Listed entries ::
________________________________________

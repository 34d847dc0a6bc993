// Checks of pointers.
ghost use Rattle.std.specs.Prelude.{◌≡◌, ◌<◌};
ghost use Rattle.homes.specs.declared.places.Span.{Span};
ghost use Rattle.engine_pages.specs.Layout.{words_of};
ghost use Rattle.engine_pages.specs.Passes.{view, IsPassOf};
ghost use Rattle.engine_pages.specs.Views.{IsActive};
ghost use Rattle.pointer_checks.specs.Checks.{CanCheckPointer, CheckedPointer};

use crate::law::{CheckingPointer, Compared};
use crate::laws::laws;
use engine_pages::{Engine, Pass};

/// Loads the pointer again whose word stands here, and which was this word as it was seen: the part is checked where it
/// still is, and else the attempt failed. Answers the word that it found. The pointer's place is told for the proof alone.
pub fn check_pointer<J: Compared>(engine: &Engine, pass: &mut Pass, at: u32, word: u64) -> u64
    requires of { IsPassOf engine.now pass.old }
    requires pass { IsActive (view pass.old).role }
    requires can { (span : Span) × CanCheckPointer (view pass.old) J.at span at word }
    requires word { at < words_of (view pass.old).layout }
    requires named { word ≡ J.word }
    ensures of { IsPassOf engine.now pass.new }
    ensures checks { CheckedPointer J.at at word (view pass.old) result (view pass.new) }
{
    laws();
    engine
        .table
        .shared
        .load::<CheckingPointer<J>>(pass, at as usize)
}
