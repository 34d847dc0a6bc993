// What the check of a pointer tells.
use atomic_table::Play;
use engine_pages::View;
use std::marker::{Brand, PhantomData};

/// Which pointer, and the word that was seen. Each call picks them.
pub trait Compared {
    ghost use Rattle.std.specs.Prelude.{ℕ};
    ghost use Rattle.homes.specs.declared.places.At.{At};

    ghost at: { At };

    ghost word: { ℕ };
}

// No call goes by this one.
impl Compared for Brand {
    ghost use Rattle.homes.specs.declared.places.At.TheVariants.{Root};

    ghost at = { Root 0 };

    ghost word = { 0 };
}

/// A pointer is checked.
pub struct CheckingPointer<J: Compared> {
    of: PhantomData<J>,
}

impl<J: Compared> Play<(), View> for CheckingPointer<J> {
    ghost use Rattle.engine_pages.specs.Steps.{told};
    ghost use Rattle.pointer_checks.specs.Checks.{ChecksPointer};

    ghost then = { told (ChecksPointer J.at J.word) };
}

________________________________________

What to produce ::
All lines in the records with the string "Root" should be copied out.

Result for this exercise ::
    ghost use Rattle.homes.specs.declared.places.At.TheVariants.{Root};
    ghost at = { Root 0 };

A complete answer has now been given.